_Exercise brief_. Among the records, which lines include "Grows"? List them.
** Opening Exercise input block **
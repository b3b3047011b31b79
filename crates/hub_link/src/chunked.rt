//! The data of a chunked body that is whole.
ghost use Rattle.std.specs.Prelude.{◌≡◌, ◌++◌, take, IfOk, OnOk};
ghost use Rattle.chunk_parts.specs.Parts.{IsAt};
ghost use Rattle.hub_link.specs.Chunked.{IsDataOf, IsStep, data_part};

use chunk_parts::parts::{At, Part, is_done, next_part};
use hub_kit::bytes::Bytes;
use std::alloc::{AllocError, Global};

/// How many bytes a size line, and how many a trailer may have.
const PART_LIMIT: usize = 16384;

/// As many of the bytes as a part may have.
fn window_of(rest: &[u8]) -> &[u8]
    ensures { result.now ≡ take 16384 rest.now }
{
    if rest.len() > PART_LIMIT {
        &rest[..PART_LIMIT]
    } else {
        rest
    }
}

/// The part that stands next, and what comes behind it. Where there is none, no body is whole in these bytes.
fn step_at(at: At, rest: &[u8]) -> Option<(usize, At)>
    requires { IsAt at }
    ensures { IsStep at rest.now result }
{
    let window = window_of(rest);
    match next_part(at, window) {
        Part::Whole(len, next) => Some((len, next)),
        Part::Open => None,
        Part::Bad => None,
    }
}

/// Adds what of a part is data.
fn push_part(content: &mut Bytes, at: At, piece: &[u8]) -> Result<(), AllocError>
    ensures { OnOk result (content.new ≡ content.old ++ data_part at piece.now) }
{
    match at {
        At::Line => Ok(()),
        At::Data(_) => content.push_all(piece),
        At::LineEnd => Ok(()),
        At::Trailer => Ok(()),
        At::Done => Ok(()),
    }
}

/// What the chunks have, one after the other, exactly where the bytes are one whole chunked body and nothing behind it. Extensions and
/// trailers are read and dropped.
pub(crate) fn chunked_data(alloc: Global, bytes: &[u8]) -> Result<Option<Bytes>, AllocError>
    ensures { IfOk result (IsDataOf bytes.now) }
{
    let mut content = Bytes::new(alloc);
    let mut at = At::Line;
    let mut count = 0;
    'parts: while !is_done(at) {
        let rest = &bytes[count..];
        let Some((len, next)) = step_at(at, rest) else {
            return Ok(None);
        };
        push_part(&mut content, at, &rest[..len])?;
        count += len;
        at = next;
    }
    if count == bytes.len() {
        Ok(Some(content))
    } else {
        Ok(None)
    }
}
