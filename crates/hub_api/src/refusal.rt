//! Refusals that come before any visit: of the wire, and of what a request asks.
ghost use Rattle.std.specs.Prelude.{◌≡◌, Some, IfOk, option_map};
ghost use Rattle.hub_machine.specs.Answers.{reply_view};
ghost use Rattle.reply_texts.specs.ReplyText as spec;
ghost use Rattle.hub_api.specs.Refusals.{no_draw, api_refusal, wire_refusal};
ghost use Rattle.hub_api.specs.Refusals as spec_refusals;

use http_wire::error::WireError;
use hub_machine::reply::Reply;
use hub_view::{Body, message_body};
use scope_filters::scope::ScopeError;
use std::alloc::{AllocError, Global};

/// Why a request asks no call. The first that applies is answered, in this order; `Memory` may stand in the place of any
/// other, and of a call.
#[derive(Clone, Copy, PartialEq, Eq)]
pub enum ApiRefusal {
    /// The path isn't in the table of calls: 404 `no such path`.
    NoPath,
    /// The path has no call of that method: 405 `method not allowed`.
    NoMethod,
    /// A name in the path is none: 400 `bad name`. It carries the number of its segment; the empty segment before the
    /// first slash has the number 0.
    BadName(usize),
    /// A value in the query isn't of its form: 400 `bad query`.
    BadQuery,
    /// The body isn't of its form: 400 `bad body`.
    BadBody,
    /// A text that is to be a scope is none: 400 `bad scope`. It carries the place of the first such text in its list,
    /// counted from 0.
    BadScope { index: usize, error: ScopeError },
    /// There is no memory to read the request: 507 without body, after which the connection is to be closed.
    Memory,
}

impl From<AllocError> for ApiRefusal {
    ghost from_gives = { λ e refusal. refusal ≡ spec_refusals.memory };

    fn from(_: AllocError) -> ApiRefusal {
        ApiRefusal::Memory
    }
}

/// A reply with a status and its message, and no revision.
fn refused(alloc: Global, status: u16, message: &str) -> Result<Reply, AllocError>
    ensures { IfOk result (λ reply. reply_view reply ≡ spec.refused status message.now) }
{
    Ok(Reply {
        status,
        body: message_body(alloc, status, message)?,
        location: None,
        no_store: false,
        revision: None,
    })
}

/// The reply to a request that asks no call.
pub fn refusal_reply(alloc: Global, refusal: ApiRefusal) -> Result<Reply, AllocError>
    ensures { IfOk result (λ reply. reply_view reply ≡ api_refusal refusal) }
{
    match refusal {
        ApiRefusal::NoPath => refused(alloc, 404, "no such path"),
        ApiRefusal::NoMethod => refused(alloc, 405, "method not allowed"),
        ApiRefusal::BadName(_) => refused(alloc, 400, "bad name"),
        ApiRefusal::BadQuery => refused(alloc, 400, "bad query"),
        ApiRefusal::BadBody => refused(alloc, 400, "bad body"),
        ApiRefusal::BadScope { .. } => refused(alloc, 400, "bad scope"),
        ApiRefusal::Memory => Ok(without_memory()),
    }
}

/// The reply where no random bytes came for a call that draws.
pub fn no_draw_reply(alloc: Global) -> Result<Reply, AllocError>
    ensures { IfOk result (λ reply. reply_view reply ≡ no_draw) }
{
    refused(alloc, 503, "random")
}

/// The reply where there is no memory for one. With `close` its text is `NO_MEMORY` of `reply_texts`.
fn without_memory() -> Reply
    ensures { reply_view result ≡ spec.without_memory }
{
    Reply {
        status: 507,
        body: Body::Nothing,
        location: None,
        no_store: false,
        revision: None,
    }
}

/// The reply to bytes that are no request, unless the input ended, failed or found no memory.
pub fn wire_refusal_reply(alloc: Global, error: WireError) -> Result<Option<Reply>, AllocError>
    ensures { IfOk result (λ reply. option_map reply_view reply ≡ wire_refusal error) }
{
    match error {
        WireError::BadHead => some_refused(alloc, 400, "bad head"),
        WireError::TooLarge(_) => some_refused(alloc, 413, "too large"),
        WireError::Coding => some_refused(alloc, 501, "coding not supported"),
        WireError::Ended | WireError::Cut | WireError::ReadFault | WireError::Memory => Ok(None),
    }
}

fn some_refused(alloc: Global, status: u16, message: &str) -> Result<Option<Reply>, AllocError>
    ensures { IfOk result (λ reply. option_map reply_view reply ≡ Some (spec.refused status message.now)) }
{
    Ok(Some(refused(alloc, status, message)?))
}
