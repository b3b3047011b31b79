//! The calls on the tokens of users.
ghost use Rattle.std.specs.Prelude.{◌≡◌, Ok};
ghost use Rattle.http_wire.specs.declared.request.Request.{Request};
ghost use Rattle.serde_json.specs.View.{view};
ghost use Rattle.hub_api.specs.Bodies.{body_of};
ghost use Rattle.hub_api.specs.Refusals.{Gives};
ghost use Rattle.hub_api.specs.Readings as spec;
ghost use Rattle.hub_api.specs.Calls as paths;

use crate::method::Method;
use crate::parts::{body_of, name_at, note, scope_texts, scopes, seconds};
use crate::refusal::ApiRefusal;
use http_wire::request::Request;
use hub_kit::names::UserName;
use hub_machine::call::Call;
use hub_paths::Path;
use serde_json::Value;
use std::alloc::Global;
use token_store::issuing::TokenAsk;

/// `/users/{user}/tokens`, by its methods.
pub(crate) fn tokens(alloc: Global, method: Method, request: &Request) -> Result<Call, ApiRefusal>
    ensures { Gives result (paths.tokens method request.now) }
{
    match method {
        Method::Get => Ok(Call::GetTokens {
            user: owner_at(alloc, request)?,
        }),
        Method::Post => post_token(alloc, request),
        _ => Err(ApiRefusal::NoMethod),
    }
}

/// `/users/{user}/tokens/{id}`, by its methods.
pub(crate) fn token(alloc: Global, method: Method, request: &Request) -> Result<Call, ApiRefusal>
    ensures { Gives result (paths.token method request.now) }
{
    match method {
        Method::Get => {
            let (user, id) = token_at(alloc, request)?;
            Ok(Call::GetToken { user, id })
        }
        Method::Delete => {
            let (user, id) = token_at(alloc, request)?;
            Ok(Call::DeleteToken { user, id })
        }
        _ => Err(ApiRefusal::NoMethod),
    }
}

/// The user whose tokens the path names.
fn owner_at(alloc: Global, request: &Request) -> Result<UserName, ApiRefusal>
    ensures { Gives result (spec.owner_at request.now) }
{
    name_at(alloc, request, Path::Tokens, "{user}")
}

/// The user and the id that the path names. An id has no leading zero.
#[tactic(auto, unfolding(crate::specs::Readings::token_at))]
fn token_at(alloc: Global, request: &Request) -> Result<(UserName, u64), ApiRefusal>
    ensures { Gives result (spec.token_at request.now) }
{
    let user: UserName = name_at(alloc, request, Path::Token, "{user}")?;
    let id: u64 = name_at(alloc, request, Path::Token, "{id}")?;
    Ok((user, id))
}

#[tactic(auto, unfolding(crate::specs::Readings::post_token))]
fn post_token(alloc: Global, request: &Request) -> Result<Call, ApiRefusal>
    ensures { Gives result (spec.post_token request.now) }
{
    let owner = owner_at(alloc, request)?;
    let body = body_of(alloc, request)?;
    let call = post_token_of(alloc, owner, &body);
    drop(body);
    call
}

/// The call that asks for a token, by its owner and its body. The body is read whole before its scopes are.
#[tactic(auto, unfolding(crate::specs::Readings::post_token))]
fn post_token_of(alloc: Global, owner: UserName, body: &Value) -> Result<Call, ApiRefusal>
    ensures { (q : Request) → spec.owner_at q ≡ Ok owner → body_of q ≡ Ok (view body.now) → Gives result (spec.post_token q) }
{
    let texts = scope_texts(alloc, body)?;
    let note = note(alloc, body, "note")?;
    let expires_in = seconds(body, "expires_in")?;
    let scopes = scopes(alloc, &texts)?;
    Ok(Call::PostToken {
        ask: TokenAsk {
            owner,
            scopes,
            note,
            expires_in,
        },
    })
}
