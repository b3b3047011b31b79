//! A hub link in memory.
ghost use Rattle.std.specs.Prelude.{◌≡◌, ◌≤◌, ◌||◌, ◌==◌, ℕ, List, Option, [], ◌∷◌, length, drop, Some, vec_len, IfOk, IfErr};
ghost use Rattle.std.specs.Option.{option_map};
ghost use Rattle.hub_devices.specs.Calls.{Grows, is_fault};
ghost use Rattle.hub_devices.specs.FailingCalls.{is_failing, after_call, new_script};
ghost use Rattle.hub_devices.specs.Faults.{Rises};
ghost use Rattle.hub_devices.specs.declared.link_error.LinkError.TheVariants as Link;
ghost use Rattle.hub_link.specs.Links.{reply_of, Comes};

use crate::link::HubLink;
use hub_devices::call_log::CallLog;
use hub_devices::link_error::LinkError;
use hub_kit::bytes::Bytes;
use std::alloc::{AllocError, Global};

/// Answers its replies in order and keeps what it is asked. It fails at the calls that `failing` numbers, the first call
/// being 0, which take no reply, and past its replies. A request that finds no memory to be kept is not told, and no other
/// is from then on.
pub struct MemHubLink {
    alloc: Global,
    replies: Vec<Bytes>,
    at: usize,
    log: CallLog<Bytes, Option<Bytes>>,
    ghost in_range: { at ≤ vec_len replies },
}

impl Drop for MemHubLink {
    fn drop(self) {
        let MemHubLink {
            alloc: _,
            replies: _,
            at: _,
            log: _,
        } = self;
    }
}

impl MemHubLink {
    pub fn new(alloc: Global, replies: Vec<Bytes>, failing: Vec<u64>) -> MemHubLink
        ensures asked { ⟦<MemHubLink as HubLink>⟧.asked result ≡ Some [] }
        ensures replies { drop result.at result.replies.items ≡ replies.items }
        ensures script { result.log.script ≡ new_script failing.items }
    {
        MemHubLink {
            alloc,
            replies,
            at: 0,
            log: CallLog::new(alloc, failing),
        }
    }

    /// What it was asked, each with the reply to it if one was given, unless one request found no memory to be kept.
    pub fn asked(&self) -> Option<&[(Bytes, Option<Bytes>)]>
        ensures { ⟦<MemHubLink as HubLink>⟧.asked self.now ≡ option_map (λ asked. asked.now) result }
    {
        match &self.log.calls {
            Some(asked) => Some(asked.as_slice()),
            None => None,
        }
    }
}

/// A reply twice: one to give, and one to keep.
fn copy_twice(alloc: Global, reply: &Bytes) -> Result<(Bytes, Bytes), AllocError>
    ensures given { IfOk result (λ both. both.0 ≡ reply.now) }
    ensures kept { IfOk result (λ both. both.1 ≡ reply.now) }
{
    Ok((
        Bytes::from_slice(alloc, reply.as_slice())?,
        Bytes::from_slice(alloc, reply.as_slice())?,
    ))
}

impl HubLink for MemHubLink {
    ghost asked = { λ l. l.log.calls };

    ghost faults = { λ l. l.log.script.faults };

    ghost does = { λ before request given after. Comes (drop before.at before.replies.items) given (drop after.at after.replies.items) };

    fn ask(&mut self, request: &Bytes) -> Result<Bytes, LinkError>
        ensures asked { Grows self.old.log.calls ((request.now, reply_of result) ∷ []) self.new.log.calls }
        ensures does { Comes (drop self.old.at self.old.replies.items) result (drop self.new.at self.new.replies.items) }
        ensures counted { self.old.log.script.faults ≤ self.new.log.script.faults }
        ensures cause { IfErr result (λ e. e ≡ Link.Failed → Rises self.old.log.script.faults self.new.log.script.faults) }
        ensures fails { is_fault result ≡ (is_failing self.old.log.script || (self.old.at == length self.old.replies.items)) }
        ensures script { self.new.log.script ≡ after_call self.old.log.script (is_fault result) }
    {
        let request = Bytes::from_slice(self.alloc, request.as_slice());
        if self.log.script.next() {
            self.log.keep(request, None);
            return Err(LinkError::Failed);
        }
        if self.at == self.replies.len() {
            self.log.script.fail();
            self.log.keep(request, None);
            return Err(LinkError::Failed);
        }
        let Ok((given, kept)) = copy_twice(self.alloc, &self.replies[self.at]) else {
            self.log.keep(request, None);
            return Err(LinkError::Memory);
        };
        if !self.log.keep(request, Some(kept)) {
            return Err(LinkError::Memory);
        }
        self.at += 1;
        Ok(given)
    }
}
** Closing Exercise input block **
_Output for this task_.
ghost use Rattle.hub_devices.specs.Calls.{Grows, is_fault};
        ensures asked { Grows self.old.log.calls ((request.now, reply_of result) ∷ []) self.new.log.calls }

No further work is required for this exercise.